→ **DIRECTIONS FOR THIS TASK**:
Here is the listing. Report each line in it that contains the string "PrintedOf".

→ **INPUT FOR THIS TASK**:
BEGIN
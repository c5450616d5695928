//! A round: one call of each customer of a directory.

ghost use Rattle.std.specs.Prelude.{◌≡◌, string_bytes, IfOk, OnErr};
ghost use Rattle.hq_memory.specs.Making.{MadeIn};
ghost use Rattle.hq_admin.specs.Rounds.{CallsEach, printed_of};

use crate::printed::put_answer;
use hq_kept::Customer;
use hq_memory::Memory;
use hq_rules::{Acts, Answer, EachCall, Render, Rendered};
use hq_values::{Fault, Moment, Name};
use std::alloc::{AllocError, Global};

/// What a round came to.
#[derive(Drop)]
pub struct ToldAll {
    /// What is printed of each customer whose call was done, in the order of the directory: 0 and
    /// its answer, or a refusal's number and its text.
    pub told: Vec<Rendered>,
    /// The fault that stopped it at the next customer.
    pub stopped: Option<Fault>,
}

/// What is printed of one customer among others.
fn text_of<M: Memory>(memory: M, name: &Name, answer: &Answer) -> Result<String, AllocError>
    ensures { MadeIn M.refused result (λ text. string_bytes text ≡ printed_of name.now answer.now) }
{
    let mut text = memory.no_text();
    match answer {
        Answer::Refused(refusal) => memory.write(
            &mut text,
            format_args!("{refusal} customer {}", name.as_str()),
        )?,
        _ => {
            memory.write(&mut text, format_args!("{}: ", name.as_str()))?;
            put_answer(memory, &mut text, answer)?;
        }
    }
    Ok(text)
}

/// An answer as it is printed of one customer among others.
#[derive(Drop)]
struct PrintedOf<'n> {
    name: &'n Name,
}

impl Render for PrintedOf<'_> {
    ghost use Rattle.std.specs.Prelude.{⊤};
    ghost use Rattle.hq_admin.specs.Rounds.{printed_of};

    ghost text = { λ by answer. printed_of by.name.now answer };

    ghost fits = { λ _ _ _. ⊤ };

    ghost takes = { λ _ _. ⊤ };

    fn render<M: Memory>(&self, memory: M, answer: &Answer) -> Result<Vec<u8>, AllocError> {
        let text = text_of(memory, self.name, answer)?;
        Ok(text.into_bytes())
    }
}

/// Makes this call of the customers of a directory at a moment, in their order, and stops at the
/// first fault. A refusal does not stop it. It takes the room for all answers first; where that is
/// refused, the desk stays as it is.
pub fn call_each<D: Acts>(
    alloc: Global,
    desk: &mut D,
    at: Moment,
    each: EachCall,
    customers: &[Customer],
) -> Result<ToldAll, AllocError>
    ensures done { IfOk result (CallsEach D.sight desk.old desk.new at each customers.now) }
    ensures none { OnErr result (desk.new ≡ desk.old) }
{
    let mut told = Vec::with_capacity(alloc, customers.len())?;
    for customer in customers {
        let by = PrintedOf {
            name: &customer.entry.name,
        };
        match desk.act(alloc, at, &customer.entry, each.call(), &by) {
            Ok(rendered) => told.push_reserved(rendered),
            Err(fault) => {
                return Ok(ToldAll {
                    told,
                    stopped: Some(fault),
                });
            }
        }
    }
    Ok(ToldAll {
        told,
        stopped: None,
    })
}
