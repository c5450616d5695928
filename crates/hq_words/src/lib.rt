//! The words of the program, as `clap` reads them: what they ask for, or the text that tells why
//! not. What a file holds, and whether a value is good, is for the crates above.
#![tactic(auto)]

mod command;
mod options;
mod selecting;
mod table;
mod texts;
mod words;

pub use options::{Batch, Check, Import, Migrate, RelayKey, Serve, Sweep, UsageWord};
pub use selecting::{Matching, Moving, Telling};
pub use words::{Word, Words, read_words};
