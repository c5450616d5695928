//! The words of the program, one table: what help tells of each, and its options. `command` makes
//! commands of `clap` from these rows.

use crate::texts::*;
use Takes::{Count, Moment, Needed, Optional, Seconds, TextOr};

/// What an option is: whether it has to be there, and what its value is.
#[derive(Clone, Copy)]
pub(crate) enum Takes {
    /// A text that has to be there.
    Needed,
    /// A text that may be left out.
    Optional,
    /// A text, and what it is if it is left out.
    TextOr(&'static str),
    /// A number of connections.
    Count,
    /// A number of seconds.
    Seconds,
    /// A moment that has to be there.
    Moment,
}

/// An option `--NAME VALUE`: its name, what help calls its value, its help, and what it takes.
pub(crate) type OptionRow = (&'static str, &'static str, &'static str, Takes);

/// The options of `serve`.
pub(crate) const SERVE_OPTIONS: [OptionRow; 11] = [
    ("directory", "FILE", DIRECTORY, Needed),
    ("keys", "FILE", KEYS, Optional),
    ("host", "HOST", HOST, Needed),
    ("relay-key", "KEY", RELAY_KEY, Optional),
    ("relay-key-file", "FILE", RELAY_KEY_FILE, Optional),
    ("store", "FILE", STORE_OR_MEMORY, Optional),
    ("listen", "ADDRESS", LISTEN, TextOr("127.0.0.1:8025")),
    ("count", "N", COUNT, Count),
    ("idle-timeout", "SECONDS", IDLE_TIMEOUT, Seconds),
    ("request-timeout", "SECONDS", REQUEST_TIMEOUT, Seconds),
    ("log", "FILE", LOG, Optional),
];

/// The options of `batch`.
pub(crate) const BATCH_OPTIONS: [OptionRow; 7] = [
    ("directory", "FILE", DIRECTORY, Needed),
    ("keys", "FILE", KEYS, Optional),
    ("host", "HOST", HOST, Needed),
    ("relay-key", "KEY", RELAY_KEY, Optional),
    ("relay-key-file", "FILE", RELAY_KEY_FILE, Optional),
    ("store", "FILE", STORE_OR_MEMORY, Optional),
    ("log", "FILE", LOG, Optional),
];

/// The options of `check`.
pub(crate) const CHECK_OPTIONS: [OptionRow; 5] = [
    ("directory", "FILE", DIRECTORY, Needed),
    ("keys", "FILE", KEYS, Optional),
    ("host", "HOST", HOST, Needed),
    ("relay-key", "KEY", KEY_OR_NONE, Optional),
    ("relay-key-file", "FILE", RELAY_KEY_FILE, Optional),
];

/// The options of `queue` and `history`.
pub(crate) const TELLING_OPTIONS: [OptionRow; 5] = [
    ("directory", "FILE", DIRECTORY, Needed),
    ("store", "FILE", STORE, Needed),
    ("customer", "NAME", CUSTOMER, Needed),
    ("sender", "PATTERN", TOLD_SENDER, Optional),
    ("recipient", "PATTERN", TOLD_RECIPIENT, Optional),
];

/// The options of `hold`, `release` and `delete`.
pub(crate) const MOVING_OPTIONS: [OptionRow; 6] = [
    ("directory", "FILE", DIRECTORY, Needed),
    ("store", "FILE", STORE, Needed),
    ("customer", "NAME", CUSTOMER, Needed),
    ("sender", "PATTERN", SENDER, Optional),
    ("recipient", "PATTERN", RECIPIENT, Optional),
    ("at", "AT", AT, Moment),
];

/// The options of `usage`.
pub(crate) const USAGE_OPTIONS: [OptionRow; 2] = [
    ("directory", "FILE", DIRECTORY, Needed),
    ("store", "FILE", STORE, Needed),
];

/// The options of `import`.
pub(crate) const IMPORT_OPTIONS: [OptionRow; 5] = [
    ("directory", "FILE", DIRECTORY, Needed),
    ("store", "FILE", STORE, Needed),
    ("customer", "NAME", CUSTOMER, Needed),
    ("label", "LABEL", LABEL, Needed),
    ("file", "FILE", LINES, Needed),
];

/// The options of `sweep`.
pub(crate) const SWEEP_OPTIONS: [OptionRow; 5] = [
    ("directory", "FILE", DIRECTORY, Needed),
    ("host", "HOST", HOST, Needed),
    ("store", "FILE", STORE, Needed),
    ("customer", "NAME", CUSTOMER_OR_ALL, Optional),
    ("at", "AT", AT, Moment),
];

/// The options of `migrate`.
pub(crate) const MIGRATE_OPTIONS: [OptionRow; 1] = [("store", "FILE", OLD_STORE, Needed)];

/// A word: its name, what it does, what else its help tells, and its options.
pub(crate) type WordRow = (
    &'static str,
    &'static str,
    &'static str,
    &'static [OptionRow],
);

/// The words, in the order in which help tells them.
pub(crate) const WORDS: [WordRow; 12] = [
    ("serve", SERVE, AFTER_SERVE, &SERVE_OPTIONS),
    ("batch", BATCH, AFTER_BATCH, &BATCH_OPTIONS),
    ("check", CHECK, AFTER_CHECK, &CHECK_OPTIONS),
    ("queue", QUEUE, AFTER_QUEUE, &TELLING_OPTIONS),
    ("history", HISTORY, AFTER_HISTORY, &TELLING_OPTIONS),
    ("hold", HOLD, AFTER_MOVING, &MOVING_OPTIONS),
    ("release", RELEASE, AFTER_MOVING, &MOVING_OPTIONS),
    ("delete", DELETE, AFTER_MOVING, &MOVING_OPTIONS),
    ("usage", USAGE, AFTER_USAGE, &USAGE_OPTIONS),
    ("import", IMPORT, AFTER_IMPORT, &IMPORT_OPTIONS),
    ("sweep", SWEEP, AFTER_SWEEP, &SWEEP_OPTIONS),
    ("migrate", MIGRATE, AFTER_MIGRATE, &MIGRATE_OPTIONS),
];
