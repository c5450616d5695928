//! Transactions, by the statements that begin, commit and roll back.

ghost use Rattle.std.specs.Prelude.{◌≡◌, OnOk, IfErr};
ghost use Rattle.sqlite.specs.Held.{state};
ghost use Rattle.sqlite.specs.State.{HasCleanDisk, IsLive};
ghost use Rattle.hq_sql.specs.Causes.{HasCause};
ghost use Rattle.hq_sql_open.specs.Transactions.{IsBegun, IsDone, KeepsUnlessDone, KeepsOrCommits};
ghost use Rattle.hq_sql_open.specs.Transactions.{Undoes, Probes};
ghost use Rattle.hq_sql_open.specs.Standings.{HasReason, Settles, unasked_for};

use crate::faults::fault_of;
use hq_sql::SqliteMemory;
use hq_values::Fault;
use sqlite::{Alter, Connection, Error, ErrorCode};

/// What is known of a connection after a statement failed.
#[derive(Clone, Copy, Debug, PartialEq, Eq)]
pub enum Standing {
    /// It is open.
    Open,
    /// It is gone, and every further statement fails.
    Gone,
    /// It is gone, and was in doubt before; `settle` does not tell it.
    Lost,
    /// It could not be asked, for want of memory.
    InDoubt,
    /// It could not be asked, since `sqlite` failed.
    Unasked,
}

/// What an open connection sees, and what it committed, are databases: their trees list their
/// schema, and obey it. A connection keeps them so, and is not asked.
pub fn sees_database<S: Alter>(conn: &Connection<S>)
    ensures { IsLive (state S.Store conn.now) }
{
    let _schema = conn.schema();
}

/// Begins a transaction; an error where there is one.
pub fn begin<S: Alter, M: SqliteMemory>(memory: M, conn: &mut Connection<S>) -> Result<(), Error>
    ensures begun { HasCleanDisk (state S.Store conn.new)
        → OnOk result (IsBegun (state S.Store conn.old) (state S.Store conn.new)) }
    ensures kept { KeepsUnlessDone (state S.Store conn.old) (state S.Store conn.new) result }
    ensures cause { IfErr result (HasCause M.refused M.failed) }
{
    memory.execute(conn, "BEGIN", &[])?;
    Ok(())
}

/// Commits the transaction. One that fails is undone.
pub fn commit<S: Alter, M: SqliteMemory>(memory: M, conn: &mut Connection<S>) -> Result<(), Error>
    ensures done { HasCleanDisk (state S.Store conn.new)
        → OnOk result (IsDone (state S.Store conn.old) (state S.Store conn.new)) }
    ensures kept { KeepsOrCommits (state S.Store conn.old) (state S.Store conn.new) result }
    ensures cause { IfErr result (HasCause M.refused M.failed) }
{
    memory.execute(conn, "COMMIT", &[])?;
    Ok(())
}

/// Undoes the transaction, where there is one.
fn roll_back<S: Alter, M: SqliteMemory>(memory: M, conn: &mut Connection<S>)
    ensures { Undoes (state S.Store conn.old) (state S.Store conn.new) }
{
    if !conn.is_autocommit() {
        let _ = memory.execute(conn, "ROLLBACK", &[]);
    }
}

/// Asks whether the connection is open, by a statement that does nothing. It takes memory where the
/// connection has not kept the statement from an earlier time.
fn ask<S: Alter, M: SqliteMemory>(memory: M, conn: &mut Connection<S>) -> Result<(), Error>
    ensures probes { Probes (state S.Store conn.old) (state S.Store conn.new) result }
    ensures cause { IfErr result (HasCause M.refused M.failed) }
{
    match memory.execute(conn, "", &[]) {
        Ok(_) => Ok(()),
        Err(error) => Err(error),
    }
}

/// What is known of a connection that could not be asked, for the reason that this fault tells.
fn unasked(fault: Fault) -> Standing
    ensures { result ≡ unasked_for fault }
{
    match fault {
        Fault::WantOfMemory => Standing::InDoubt,
        _ => Standing::Unasked,
    }
}

/// Undoes the transaction, where there is one, and asks what became of the connection. After `Open`
/// it is in no transaction; after `Gone` nothing more can be done with it. After `InDoubt` and
/// `Unasked` it was not told: what was begun is undone, and it can be asked again.
#[tactic(auto, using(crate::proofs::Reasons::has_reason))]
pub fn settle<S: Alter, M: SqliteMemory>(memory: M, conn: &mut Connection<S>) -> Standing
    ensures settled { Settles (state S.Store conn.old) (state S.Store conn.new) result }
    ensures cause { HasReason M.refused M.failed result }
{
    roll_back(memory, conn);
    match ask(memory, conn) {
        Ok(()) => Standing::Open,
        Err(Error::SqliteFailure(ErrorCode::Closed)) => Standing::Gone,
        Err(error) => unasked(fault_of(error)),
    }
}
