//! Answers as an administrator reads them.

ghost use Rattle.std.specs.Prelude.{◌≡◌, ◌++◌, string_bytes};
ghost use Rattle.hq_memory.specs.Making.{MadeIn};
ghost use Rattle.hq_admin.specs.Printed as texts;

use crate::history::{more_from, put_history};
use hq_kept::{Counts, Tally};
use hq_memory::Memory;
use hq_rules::{Answer, ImportCounts, Render, SweepCounts, Usage};
use std::alloc::AllocError;

/// Adds what an import set.
#[tactic(auto, unfolding(crate::specs::Printed::import_line))]
fn put_imported<M: Memory>(
    memory: M,
    text: &mut String,
    counts: ImportCounts,
) -> Result<(), AllocError>
    ensures { MadeIn M.refused result (λ _. string_bytes text.new
        ≡ string_bytes text.old ++ texts.import_line counts) }
{
    let ImportCounts {
        added,
        changed,
        same,
    } = counts;
    memory.write(
        text,
        format_args!("added {added}, changed {changed}, same {same}\n"),
    )?;
    Ok(())
}

/// Adds what a sweep did.
#[tactic(auto, unfolding(crate::specs::Printed::sweep_line))]
fn put_swept<M: Memory>(memory: M, text: &mut String, counts: SweepCounts) -> Result<(), AllocError>
    ensures { MadeIn M.refused result (λ _. string_bytes text.new
        ≡ string_bytes text.old ++ texts.sweep_line counts) }
{
    let SweepCounts {
        expired,
        notices,
        warned,
    } = counts;
    memory.write(
        text,
        format_args!("expired {expired}, warned {warned}, notices {notices}\n"),
    )?;
    Ok(())
}

/// Adds how much a customer keeps.
#[tactic(auto, unfolding(crate::specs::Printed::kept_text))]
fn put_kept<M: Memory>(memory: M, text: &mut String, counts: Counts) -> Result<(), AllocError>
    ensures { MadeIn M.refused result (λ _. string_bytes text.new
        ≡ string_bytes text.old ++ texts.kept_text counts) }
{
    let Counts {
        messages,
        bytes,
        lines,
    } = counts;
    memory.write(
        text,
        format_args!("messages {messages}, bytes {bytes}, lines {lines}"),
    )?;
    Ok(())
}

/// Adds how many of its recipients were accepted and are pending.
#[tactic(auto, unfolding(crate::specs::Printed::left_text))]
fn put_left<M: Memory>(
    memory: M,
    text: &mut String,
    accepted: u64,
    pending: u64,
) -> Result<(), AllocError>
    ensures { MadeIn M.refused result (λ _. string_bytes text.new
        ≡ string_bytes text.old ++ texts.left_text accepted pending) }
{
    memory.write(
        text,
        format_args!(", accepted {accepted}, pending {pending}"),
    )?;
    Ok(())
}

/// Adds what became of the others.
#[tactic(auto, unfolding(crate::specs::Printed::gone_text))]
fn put_gone<M: Memory>(memory: M, text: &mut String, tally: Tally) -> Result<(), AllocError>
    ensures { MadeIn M.refused result (λ _. string_bytes text.new
        ≡ string_bytes text.old ++ texts.gone_text tally) }
{
    let Tally {
        delivered,
        failed,
        deleted,
        expired,
        ..
    } = tally;
    memory.write(
        text,
        format_args!(
            ", delivered {delivered}, failed {failed}, deleted {deleted}, expired {expired}"
        ),
    )?;
    Ok(())
}

/// Adds what a customer uses.
fn put_used<M: Memory>(memory: M, text: &mut String, usage: &Usage) -> Result<(), AllocError>
    ensures { MadeIn M.refused result (λ _. string_bytes text.new
        ≡ string_bytes text.old ++ texts.usage_line usage.now) }
{
    put_kept(memory, text, usage.counts)?;
    put_left(memory, text, usage.tally.accepted, usage.pending)?;
    put_gone(memory, text, usage.tally)?;
    memory.append(text, "\n")
}

/// Adds how many messages were changed.
#[tactic(auto, unfolding(crate::specs::Printed::changed_line))]
fn put_changed<M: Memory>(memory: M, text: &mut String, count: u64) -> Result<(), AllocError>
    ensures { MadeIn M.refused result (λ _. string_bytes text.new
        ≡ string_bytes text.old ++ texts.changed_line count) }
{
    memory.write(text, format_args!("changed {count}\n"))?;
    Ok(())
}

/// Adds what is printed of an answer.
pub(crate) fn put_answer<M: Memory>(
    memory: M,
    text: &mut String,
    answer: &Answer,
) -> Result<(), AllocError>
    ensures { MadeIn M.refused result (λ _. string_bytes text.new
        ≡ string_bytes text.old ++ texts.printed answer.now) }
{
    match answer {
        Answer::Refused(refusal) => memory.write(text, format_args!("{refusal}")),
        Answer::Reported(report) => memory.append(text, report.as_str()),
        Answer::Imported(counts) => put_imported(memory, text, *counts),
        Answer::Swept(counts) => put_swept(memory, text, *counts),
        Answer::Used(usage) => put_used(memory, text, usage),
        Answer::Changed(count) => put_changed(memory, text, *count),
        Answer::HistoryListed(ends, more) => {
            let next = more_from(ends.as_slice(), *more);
            put_history(memory, text, ends.as_slice(), next)
        }
        Answer::HistoryFound(ends, next) => put_history(memory, text, ends.as_slice(), *next),
        _ => Ok(()),
    }
}

/// Prints the queue report, how many messages were changed, a history, what an import set, what a
/// sweep did, what a customer uses, and refusals as they are shown: `52 LabelUsed`. Nothing is
/// printed of other answers, for which there is no word.
#[derive(Clone, Copy, Debug)]
pub struct Printed;

impl Render for Printed {
    ghost use Rattle.std.specs.Prelude.{⊤};
    ghost use Rattle.hq_admin.specs.Printed.{printed};

    ghost text = { λ _ answer. printed answer };

    ghost fits = { λ _ _ _. ⊤ };

    ghost takes = { λ _ _. ⊤ };

    fn render<M: Memory>(&self, memory: M, answer: &Answer) -> Result<Vec<u8>, AllocError> {
        let mut text = memory.no_text();
        put_answer(memory, &mut text, answer)?;
        Ok(text.into_bytes())
    }
}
END
→ **COMPLETED TASK**:
struct PrintedOf<'n> {
impl Render for PrintedOf<'_> {
        let by = PrintedOf {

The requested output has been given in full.